Sanzioni accessorie troppo penalizzanti
Commercialisti, consulenti, Uncat e Lapet in audizione sul decreto di riforma
Nella riforma fiscale un tasto particolarmente delicato riguarda il sistema sanzionatorio. Obiettivo dello schema di decreto legislativo ( atto del Governo 144) che revisiona le sanzioni tributarie è quello di avvicinare la legislazione nazionale a quella degli altri Stati dell’Unione Europea, meno vessatoria.
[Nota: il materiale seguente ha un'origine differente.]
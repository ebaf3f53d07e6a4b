//! The ranks that the least choices of a suit lack, beside the other suits.
ghost use Rattle.std.specs.Prelude.{ℕ, ◌≡◌, ◌↔◌, ◌<◌, ◌≤◌, IsTrue, bit_and, nat_lt};
ghost use Rattle.riichi_rows.specs.Lanes.{SomeLane, lane, mark};
ghost use Rattle.riichi_rows.specs.Marks.{AreMarkedBeside};

use crate::joined::JoinedRows;
use crate::lanes::{Lanes, add_lanes};
use crate::rank_set::RankSet;
use crate::row::SuitRow;
use std::simd::prelude::*;

/// Whether one tile more makes some lane lack fewer, of those whose sum is just `least`.
fn any_fewer(sums: Lanes, least: u8, lacks: Lanes, fewer: Lanes) -> bool
    ensures { IsTrue result
        ↔ SomeLane sums.lacks least (λ s p. nat_lt (lane fewer.lacks s p) (lane lacks.lacks s p)) }
{
    let takes_part = sums.lacks.simd_eq(u8x16::splat(least));
    let with_more = takes_part.select(fewer.lacks, lacks.lacks);
    with_more.simd_lt(lacks.lacks).to_bitmask() > 0
}

/// The marks of the lanes whose sum is just `least`, together.
fn marks_at(sums: Lanes, least: u8, marks: u8x16) -> u8
    ensures { (bit : ℕ)
        → IsTrue (nat_lt 0 (bit_and result bit))
        ↔ SomeLane sums.lacks least (λ s p. nat_lt 0 (bit_and (mark marks s p) bit)) }
{
    let takes_part = sums.lacks.simd_eq(u8x16::splat(least));
    takes_part.select(marks, u8x16::splat(0)).reduce_or()
}

impl JoinedRows {
    /// The ranks that some least choice of a row lacks, where it takes part in a sum of just
    /// `least` tiles.
    pub fn lacked_by(&self, row: &SuitRow, sets: u8, least: u8) -> RankSet
        requires sets { sets ≤ 4 }
        requires least { least < 255 }
        ensures { AreMarkedBeside row.now self.now sets least result }
    {
        let sums = add_lanes(row.entries.lacks, self.sums.opposite(sets).lacks);
        RankSet {
            first: any_fewer(sums, least, row.entries, row.first),
            later: marks_at(sums, least, row.marks),
        }
    }
}
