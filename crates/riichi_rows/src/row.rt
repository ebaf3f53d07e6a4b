//! The row of one suit.
ghost use Rattle.std.specs.Prelude.{ℕ, ◌≡◌, ◌<◌, ◌≤◌, if◌then◌else◌, length};
ghost use Rattle.riichi_rows.specs.Lanes.{lane, mark};
ghost use Rattle.riichi_rows.specs.Suit.{entry_of};

use crate::lanes::{Lanes, NONE};
use std::simd::prelude::*;

/// For up to four sets, with and without a pair: the least number of tiles lacking.
#[derive(Clone, Copy)]
pub struct SuitRow {
    pub(crate) entries: Lanes,
    /// The same with one more tile of the first rank.
    pub(crate) first: Lanes,
    /// A bit for each later rank that some choice with the least lack lacks.
    pub(crate) marks: u8x16,
    ghost sixteen: { length marks ≡ 16 },
    ghost sound: { (s p : ℕ) → s < 5 → p < 2 → lane entries.lacks s p ≡ 0 → mark marks s p ≡ 0 },
    ghost small: { (s p : ℕ) → s < 5 → p < 2 → lane entries.lacks s p < 255 → lane entries.lacks s p ≤ 36 },
}

/// The entry that a lane stands for.
#[inline(always)]
pub(crate) fn entry(lack: u8) -> Option<u8>
    ensures { result ≡ entry_of lack }
{
    if lack < NONE { Some(lack) } else { None }
}

impl SuitRow {
    ghost use Rattle.riichi_rows.specs.Row.{entries_of_row};

    /// The entry, or None where no choice keeps within the caps.
    pub fn get(&self, sets: u8, pair: bool) -> Option<u8>
        requires { sets ≤ 4 }
        ensures { result ≡ entries_of_row self.now sets (if pair then 1 else 0) }
    {
        let lanes = self.entries.lacks.to_array();
        let lack = if pair {
            lanes[8 + sets as usize]
        } else {
            lanes[sets as usize]
        };
        entry(lack)
    }
}
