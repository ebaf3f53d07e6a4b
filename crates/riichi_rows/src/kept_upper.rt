//! The ranks from the fifth on with what they were made of.
ghost use Rattle.std.specs.Prelude.{ℕ, ◌≡◌, ◌<◌, ◌≤◌, IfSome, length, slice_index};
ghost use Rattle.riichi_rows.specs.Ranks.{AreRanks};

use crate::open::Open;
use crate::ranks::upper_ranks;
use crate::row_key::RowKey;
use std::marker::Model;

/// The upper ranks of a key whose lower ones are 0: suits that are alike from the fifth rank on have it in common.
#[derive(Clone, Copy)]
pub struct KeptUpper {
    key: RowKey,
    upper: Open,
}

impl Model for KeptUpper {
    ghost use Rattle.riichi_rows.specs.declared.open.Open.{Open};
    ghost use Rattle.riichi_rows.specs.declared.row_key.RowKey.{RowKey};
    ghost use Rattle.riichi_rows.specs.Ranks.{AreRanks};

    ghost Value = { RowKey × Open };

    ghost view = { λ kept. (kept.key, kept.upper) };

    ghost invariant = { λ kept. AreRanks kept.key.runs 4 kept.key.counts kept.key.caps kept.upper };

    ghost inverse = { λ pair. record { key = pair.0; upper = pair.1 } };
}

impl KeptUpper {
    /// They are made here.
    fn new(key: RowKey) -> KeptUpper
        requires { (r : ℕ) → r < 9 → slice_index key.caps r ≤ 4 }
        ensures { result.0 ≡ key }
    {
        KeptUpper {
            key,
            upper: upper_ranks(&key.counts, &key.caps, key.runs),
        }
    }

    /// Those of no tiles of which none may be held: what stands in a place before others.
    pub fn of_nothing() -> KeptUpper {
        KeptUpper::new(RowKey::new(&[0; 9], &[0; 9], false))
    }

    /// They, if they are those of this key.
    fn upper_of(&self, key: &RowKey) -> Option<Open>
        ensures { IfSome result (AreRanks key.now.runs 4 key.now.counts key.now.caps) }
    {
        if self.key.is(key) {
            Some(self.upper)
        } else {
            None
        }
    }
}

/// The upper ranks of a key: those at its place, or new ones, to which the others give way.
pub(crate) fn upper_at(places: &mut [KeptUpper], key: &RowKey) -> Open
    requires some { 0 < length places.old }
    requires caps { (r : ℕ) → r < 9 → slice_index key.now.caps r ≤ 4 }
    ensures upper { AreRanks key.now.runs 4 key.now.counts key.now.caps result }
    ensures places { length places.new ≡ length places.old }
{
    let own = key.upper();
    let place = own.spread(places.len());
    if let Some(upper) = places[place].upper_of(&own) {
        return upper;
    }
    let made = KeptUpper::new(own);
    places[place] = made;
    made.upper
}
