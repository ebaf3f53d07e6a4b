//! Sixteen least lacks side by side: lane s is for s sets, lane 8 + s for s sets and a pair.

ghost use Rattle.std.specs.Prelude.{◌≡◌, ◌+◌, ◌<◌, ◌≤◌, ℕ, length};
ghost use Rattle.riichi_rows.specs.Lanes.{HasLanes, lane, none, nothing, with_set, with_pair, capped, opposite, LaneOf};
ghost use Rattle.std.specs.Prelude.{min};

use std::simd::prelude::*;

/// No choice: more than any choice lacks, and kept by every addition.
pub const NONE: u8 = 255;

/// The places that lanes with one set more come from, where 16 is none.
pub(crate) const ONE_SET_MORE: [usize; 16] = [
    16, 0, 1, 2, 3, 4, 5, 6, 16, 8, 9, 10, 11, 12, 13, 14,
];

/// Those of lanes with a pair, where they had none.
pub(crate) const WITH_A_PAIR: [usize; 16] = [
    16, 16, 16, 16, 16, 16, 16, 16, 0, 1, 2, 3, 4, 5, 6, 7,
];

#[derive(Clone, Copy)]
pub struct Lanes {
    pub lacks: u8x16,
    ghost sixteen: { length lacks ≡ 16 },
}

impl Lanes {
    /// No choice at all.
    pub fn none() -> Lanes
        ensures { HasLanes result.lacks none }
    {
        Lanes {
            lacks: u8x16::splat(NONE),
        }
    }

    /// Nothing chosen, nothing lacking.
    #[tactic(auto, using(crate::proofs::LaneLemmas::nothing_lanes))]
    pub fn nothing() -> Lanes
        ensures { HasLanes result.lacks nothing }
    {
        let none = u8x16::splat(NONE);
        let zero = u8x16::splat(0);
        let lacks = none.shuffle(
            zero,
            [16, 1, 2, 3, 4, 5, 6, 7, 8, 9, 10, 11, 12, 13, 14, 15],
        );
        Lanes { lacks }
    }

    /// The same choices with one set more.
    #[tactic(auto, using(crate::proofs::LaneLemmas::set_lanes))]
    pub fn with_set(self) -> Lanes
        ensures { HasLanes result.lacks (with_set (lane self.lacks)) }
    {
        let none = u8x16::splat(NONE);
        let lacks = self.lacks.shuffle(none, ONE_SET_MORE);
        Lanes { lacks }
    }

    /// The same choices with a pair, where they had none.
    #[tactic(auto, using(crate::proofs::LaneLemmas::pair_lanes))]
    pub fn with_pair(self) -> Lanes
        ensures { HasLanes result.lacks (with_pair (lane self.lacks)) }
    {
        let none = u8x16::splat(NONE);
        let lacks = self.lacks.shuffle(none, WITH_A_PAIR);
        Lanes { lacks }
    }

    /// The same choices, each with so many more tiles lacking.
    pub fn lacking(self, tiles: u8) -> Lanes
        ensures { HasLanes result.lacks (λ s p. capped (lane self.lacks s p + tiles)) }
    {
        let room = Lanes {
            lacks: !u8x16::splat(tiles),
        };
        let kept = self.or(room);
        Lanes {
            lacks: kept.lacks + u8x16::splat(tiles),
        }
    }

    /// Beside each lane the one that makes up so many sets and one pair with it.
    pub fn opposite(self, sets: u8) -> Lanes
        requires { sets ≤ 4 }
        ensures { (s p : ℕ) → s < 8 → p < 2
            → lane result.lacks s p ≡ opposite sets (lane self.lacks) s p }
    {
        let none = u8x16::splat(NONE);
        let lacks = match sets {
            0 => self.lacks.shuffle(
                none,
                [8, 16, 16, 16, 16, 16, 16, 16, 0, 16, 16, 16, 16, 16, 16, 16],
            ),
            1 => self.lacks.shuffle(
                none,
                [9, 8, 16, 16, 16, 16, 16, 16, 1, 0, 16, 16, 16, 16, 16, 16],
            ),
            2 => self.lacks.shuffle(
                none,
                [10, 9, 8, 16, 16, 16, 16, 16, 2, 1, 0, 16, 16, 16, 16, 16],
            ),
            3 => self.lacks.shuffle(
                none,
                [11, 10, 9, 8, 16, 16, 16, 16, 3, 2, 1, 0, 16, 16, 16, 16],
            ),
            _ => self.lacks.shuffle(
                none,
                [12, 11, 10, 9, 8, 16, 16, 16, 4, 3, 2, 1, 0, 16, 16, 16],
            ),
        };
        Lanes { lacks }
    }

    /// The same choices, those with a pair beside those without one.
    fn pairs_first(self) -> Lanes
        ensures { (s : ℕ) → s < 5 → lane result.lacks s 0 ≡ lane self.lacks s 1 }
    {
        let lacks = self
            .lacks
            .swizzle([8, 9, 10, 11, 12, 13, 14, 15, 0, 1, 2, 3, 4, 5, 6, 7]);
        Lanes { lacks }
    }

    /// The least of all.
    pub fn least(self) -> u8
        ensures bound { (s p : ℕ) → s < 5 → p < 2 → result ≤ lane self.lacks s p }
        ensures reached { LaneOf self.lacks result }
    {
        let lacks = self.or(self.pairs_first()).lacks.to_array();
        lacks[0]
            .min(lacks[1])
            .min(lacks[2])
            .min(lacks[3])
            .min(lacks[4])
    }

    /// The better of two choices.
    pub fn or(self, other: Lanes) -> Lanes
        ensures { HasLanes result.lacks (λ s p. min (lane self.lacks s p) (lane other.lacks s p)) }
    {
        Lanes {
            lacks: self.lacks.simd_min(other.lacks),
        }
    }
}

/// The sums of two vectors, lane by lane.
pub(crate) fn add_lanes(left: u8x16, right: u8x16) -> Lanes
    ensures { (s p : ℕ) → s < 8 → p < 2
        → lane result.lacks s p ≡ capped (lane left s p + lane right s p) }
{
    Lanes {
        lacks: left.saturating_add(right),
    }
}
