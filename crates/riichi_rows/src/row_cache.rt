//! The rows that were asked for last.
ghost use Rattle.std.specs.Prelude.{ℕ, ◌≡◌, ◌<◌, ◌≤◌, IfOk, slice_index};
ghost use Rattle.riichi_rows.specs.Marks.{IsMarkedRow};
ghost use Rattle.riichi_rows.specs.Kept.{AreRows};
ghost use Rattle.riichi_cuts.specs.SuitCut.{IsCut};

use crate::memory::Memory;
use crate::ranks::suit_row;
use crate::row::SuitRow;
use crate::row_key::RowKey;
use crate::row_source::RowSource;
use lru::LruCache;
use riichi_cuts::{CutMemo, CutSource, SuitCut};
use riichi_split::SuitTiles;
use std::alloc::Global;
use std::marker::Model;
use std::num::NonZeroUsize;

/// Rows by what they are made of, at most as many as its capacity; the one that was asked for
/// least recently goes first. Beside them are places for as many cuts. It is seen as its capacity.
#[derive(Drop)]
pub struct RowCache {
    rows: LruCache<RowKey, SuitRow>,
    cuts: CutMemo,
}

impl Model for RowCache {
    ghost use Rattle.std.specs.Prelude.{ℕ};
    ghost use Rattle.riichi_rows.specs.Kept.{AreRows};

    ghost Value = { ℕ };

    ghost view = { λ c. c.rows.cap };

    ghost invariant = { λ c. AreRows c.rows.entries };
}

impl RowCache {
    /// A cache that keeps no row yet. All its places are asked for here.
    pub fn new(alloc: Global, capacity: usize) -> Result<RowCache, Memory>
        requires some { 0 < capacity }
        requires most { capacity ≤ 65536 }
        ensures { IfOk result (λ cache. cache ≡ capacity) }
    {
        let Some(places) = NonZeroUsize::new(capacity) else {
            unreachable!()
        };
        match (LruCache::new(alloc, places), CutMemo::new(alloc, capacity)) {
            (Ok(rows), Ok(cuts)) => Ok(RowCache { rows, cuts }),
            _ => Err(Memory),
        }
    }
}

/// The row of a key, which is kept and becomes the one that was asked for last; where it is made and
/// all places are taken, the one that was asked for least recently goes. Without memory it is not kept.
fn kept_row(rows: &mut LruCache<RowKey, SuitRow>, key: RowKey) -> SuitRow
    requires caps { (r : ℕ) → r < 9 → slice_index key.caps r ≤ 4 }
    requires rows { AreRows rows.old.entries }
    ensures row { IsMarkedRow key.runs key.counts key.caps result }
    ensures rows { AreRows rows.new.entries }
    ensures capacity { rows.new.cap ≡ rows.old.cap }
{
    let make = || -> SuitRow
        requires { (r : ℕ) → r < 9 → slice_index key.caps r ≤ 4 }
        ensures { IsMarkedRow key.runs key.counts key.caps result }
    { suit_row(key.counts, key.caps, key.runs) };
    match rows.get_or_insert(key, make) {
        Ok(row) => *row,
        Err(_) => suit_row(key.counts, key.caps, key.runs),
    }
}

impl CutSource for RowCache {
    fn cut(&mut self, tiles: &SuitTiles) -> SuitCut {
        self.cuts.cut(tiles)
    }
}

impl RowSource for RowCache {
    fn row(&mut self, counts: &[u8; 9], caps: &[u8; 9], runs: bool) -> SuitRow {
        let key = RowKey {
            counts: *counts,
            caps: *caps,
            runs,
        };
        kept_row(&mut self.rows, key)
    }
}
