//! The least sum of rows.
ghost use Rattle.riichi_rows.specs.Join.{IsLeastSum};
ghost use Rattle.riichi_rows.specs.Lanes.{lane};

use crate::lanes::Lanes;

/// The least sums of an entry of each.
pub(crate) fn join_lanes(left: Lanes, right: Lanes) -> Lanes
    ensures { IsLeastSum (lane left.lacks) (lane right.lacks) (lane result.lacks) }
{
    let lacks = left.lacks.to_array();
    let mut best = Lanes::none();
    let mut moved = right;
    for sets in 0..5 {
        let plain = moved.lacking(lacks[sets]);
        let paired = moved.with_pair().lacking(lacks[8 + sets]);
        best = best.or(plain).or(paired);
        moved = moved.with_set();
    }
    best
}
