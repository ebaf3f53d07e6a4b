//! Where the rows of suits come from.
ghost use Rattle.std.specs.Prelude.{ℕ, ◌≡◌, ◌<◌, ◌≤◌, slice_index};
ghost use Rattle.riichi_rows.specs.Marks.{IsMarkedRow};
ghost use Rattle.riichi_cuts.specs.SuitCut.{IsCut};

use crate::ranks::suit_row;
use crate::row::SuitRow;
use riichi_cuts::{CutSource, SuitCut, cut_of};
use riichi_split::SuitTiles;

/// What answers for suit rows, and for the cuts of suits: it may make each one anew, or keep those that it has made.
/// It stays what its callers see of it, so that a cache keeps its capacity.
pub trait RowSource: CutSource {
    /// The row of a suit, of which a choice holds no kind oftener than its cap. Honours have no
    /// runs, and their last two counts and caps are 0.
    fn row(&mut self, counts: &[u8; 9], caps: &[u8; 9], runs: bool) -> SuitRow
        requires { (r : ℕ) → r < 9 → slice_index caps.now r ≤ 4 }
        ensures row { IsMarkedRow runs counts.now caps.now result }
        ensures stays { self.new ≡ self.old };
}

/// Makes each row and each cut anew, and keeps none.
#[derive(Clone, Copy, Debug)]
pub struct FreshRows;

impl CutSource for FreshRows {
    fn cut(&mut self, tiles: &SuitTiles) -> SuitCut {
        cut_of(tiles)
    }
}

impl RowSource for FreshRows {
    fn row(&mut self, counts: &[u8; 9], caps: &[u8; 9], runs: bool) -> SuitRow {
        suit_row(*counts, *caps, runs)
    }
}
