//! Laws over the definitions alone.
ghost use Rattle.riichi_rows.specs.Lacked.{EntryLaw};

/// One more tile of a rank lowers an entry of a suit's row exactly where some least choice lacks
/// that rank.
pub fn entries()
    ensures { EntryLaw }
{}
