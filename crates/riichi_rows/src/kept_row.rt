//! Rows with what they were made of.
ghost use Rattle.std.specs.Prelude.{ℕ, ◌≡◌, ◌<◌, ◌≤◌, IfSome, length, slice_index};
ghost use Rattle.riichi_rows.specs.Marks.{IsMarkedRow};

use crate::kept_upper::{KeptUpper, upper_at};
use crate::ranks::{suit_row, suit_row_over};
use crate::row::SuitRow;
use crate::row_key::RowKey;
use std::marker::Model;

/// The row of a key.
#[derive(Clone, Copy)]
pub struct KeptRow {
    key: RowKey,
    row: SuitRow,
}

impl Model for KeptRow {
    ghost use Rattle.riichi_rows.specs.declared.row.SuitRow.{SuitRow};
    ghost use Rattle.riichi_rows.specs.declared.row_key.RowKey.{RowKey};
    ghost use Rattle.riichi_rows.specs.Marks.{IsMarkedRow};

    ghost Value = { RowKey × SuitRow };

    ghost view = { λ kept. (kept.key, kept.row) };

    ghost invariant = { λ kept. IsMarkedRow kept.key.runs kept.key.counts kept.key.caps kept.row };

    ghost inverse = { λ pair. record { key = pair.0; row = pair.1 } };
}

impl KeptRow {
    /// Becomes the row of a key, which is made over its upper ranks; these may be kept. It stands apart from where rows are
    /// found, which is quick.
    #[inline(never)]
    fn make(&mut self, uppers: &mut [KeptUpper], key: &RowKey) -> SuitRow
        requires uppers { 0 < length uppers.old }
        requires caps { (r : ℕ) → r < 9 → slice_index key.now.caps r ≤ 4 }
        ensures row { IsMarkedRow key.now.runs key.now.counts key.now.caps result }
        ensures uppers { length uppers.new ≡ length uppers.old }
    {
        let upper = upper_at(uppers, key);
        let row = suit_row_over(&upper, &key.counts, &key.caps, key.runs);
        *self = KeptRow { key: *key, row };
        row
    }

    /// The row of no tiles of which none may be held: what stands in a place before another row.
    pub fn of_nothing() -> KeptRow {
        KeptRow {
            key: RowKey::new(&[0; 9], &[0; 9], false),
            row: suit_row([0; 9], [0; 9], false),
        }
    }

    /// The row, if it is the row of this key.
    #[inline(always)]
    fn row_of(&self, key: &RowKey) -> Option<SuitRow>
        ensures { IfSome result (IsMarkedRow key.now.runs key.now.counts key.now.caps) }
    {
        if self.key.is(key) {
            Some(self.row)
        } else {
            None
        }
    }
}

/// The row of a key: one that is kept, or a new one over upper ranks that may be kept. It stands at its place or behind that;
/// a new one stands first, and the older of the two gives way.
pub(crate) fn row_at(rows: &mut [KeptRow], uppers: &mut [KeptUpper], key: &RowKey) -> SuitRow
    requires rows { 0 < length rows.old }
    requires uppers { 0 < length uppers.old }
    requires caps { (r : ℕ) → r < 9 → slice_index key.now.caps r ≤ 4 }
    ensures row { IsMarkedRow key.now.runs key.now.counts key.now.caps result }
    ensures rows { length rows.new ≡ length rows.old }
    ensures uppers { length uppers.new ≡ length uppers.old }
{
    let newer = key.place(rows.len());
    let older = (newer + 1).min(rows.len() - 1);
    if let Some(row) = rows[newer].row_of(key) {
        return row;
    }
    if let Some(row) = rows[older].row_of(key) {
        return row;
    }
    rows[older] = rows[newer];
    rows[newer].make(uppers, key)
}
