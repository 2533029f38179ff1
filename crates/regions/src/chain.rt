// Regions that touch and are equal count as one for the verdict (document 02, T-09).
ghost use Rattle.std.specs.Prelude.{◌≡◌, drop};
ghost use Rattle.model.specs.Regions.{touches, is_equal, in_chain};
ghost use Rattle.regions.specs.View.{regions_of, shown_as};
ghost use Rattle.regions.specs.Held.{Indexed};

use crate::state::{RegionInfo, Regions};

impl RegionInfo {
    // Whether the next region begins where this one ends.
    pub(crate) fn touches(self, next: RegionInfo) -> bool
        ensures { result ≡ touches (shown_as self) (shown_as next) }
    {
        self.end() == next.base as u64
    }

    // Whether another region has the same domain, attribute and vector.
    pub(crate) fn equals(self, other: RegionInfo) -> bool
        ensures { result ≡ is_equal (shown_as self) (shown_as other) }
    {
        self.protection() == other.protection()
    }
}

impl Regions {
    // Whether an area that starts in a region, given with its index, and ends at an address lies within the chain from there on.
    // Most areas end in the region that they start in, and need no walk.
    pub(crate) fn reaches(self, index: usize, first: RegionInfo, end: u64) -> bool
        requires { Indexed self index first }
        ensures { result ≡ in_chain (drop index (regions_of self)) end }
    {
        if end <= first.end() {
            return true;
        }
        self.walk(index, first, end)
    }

    // The same, from region to region; each is read in place, since `at` would take a copy of all regions.
    pub(crate) fn walk(self, index: usize, first: RegionInfo, end: u64) -> bool
        requires { Indexed self index first }
        ensures { result ≡ in_chain (drop index (regions_of self)) end }
    {
        let mut region = first;
        for next in index + 1..self.count {
            if end <= region.end() {
                return true;
            }
            let protection = self.protections[next];
            let follower = RegionInfo::of(self.bases[next], self.sizes[next], protection);
            if !(region.touches(follower) & region.equals(follower)) {
                return false;
            }
            region = follower;
        }
        end <= region.end()
    }
}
L’attuale testo, però, secondo i rappresentanti delle professioni ( commercialisti, Lapet ed Uncat) ieri in audizione presso le commissioni riunite Giustizia e Finanza della Camera, contiene alcune criticità. Tra queste le sanzioni accessorie eccessivamente penalizzanti per chi è fuori dal concordato, compensazioni più ampio, l’assenza di una distinzione incisiva tra chi dichiara e chi no, la necessità di una più chiara definizione di crediti d’imposta non spettanti e inesistenti, l’esclusione della rateizzazione in caso di definizione agevolata delle sanzioni, la mancata applicazione retroattiva delle norme.
Per il consigliere nazionale dei commercialisti delegato alla fiscalità, Salvatore Regalbuto le norme che prevedono l’applicazione delle sanzioni accessorie - tra cui la sospensione dall’esercizio di attività di lavoro autonomo o di impresa - sono troppo penalizzanti nei confronti dei contribuenti che sono fuori dal concordato preventivo . « Soprattutto nel caso di non accettazione della proposta – ha sottolineato Regalbuto - la previsione rischia di tramutarsi in una indebita pressione all’accettazione della proposta medesima » .
Prevedere una modalitù di compensazione più ampia inserendo anche i crediti precedenti al 2023 è la richiesta avanzata da Stefano Sassara, tesoriere del Consiglio nazionale dei consulenti del lavoro.
Lapet ( tributaristi) propone una ulteriore riduzione dell’aliquota sanzionatoria a favore dei contribuenti che, con dichiarazioni integrative, provvedono ad integrare i redditi dichiarati. Secondo il presidente Lapet Roberto Falcone l’integrazione volontaria della dichiarazione dovrebbe essere sanzionata al pari di un omesso versamento o poco più, e vada invece applicata la sanzione al 70% nei casi di maggiori imposte scaturenti da integrazioni frutto di attività accertativa.
L’applicazione del nuovo regime sanzionatorio per i fatti commessi dal 29 aprile 2024, e quindi senza effetto retroattivo secondo Gianni Di Matteo, presidente dell’Unione nazionale delle Camere avvocati tributaristi è un errore perché l’annunciato nuovo regime vedrà in questo modo concreta ed effettiva applicazione solo tra diversi anni ed è alto il rischio di contenzioso.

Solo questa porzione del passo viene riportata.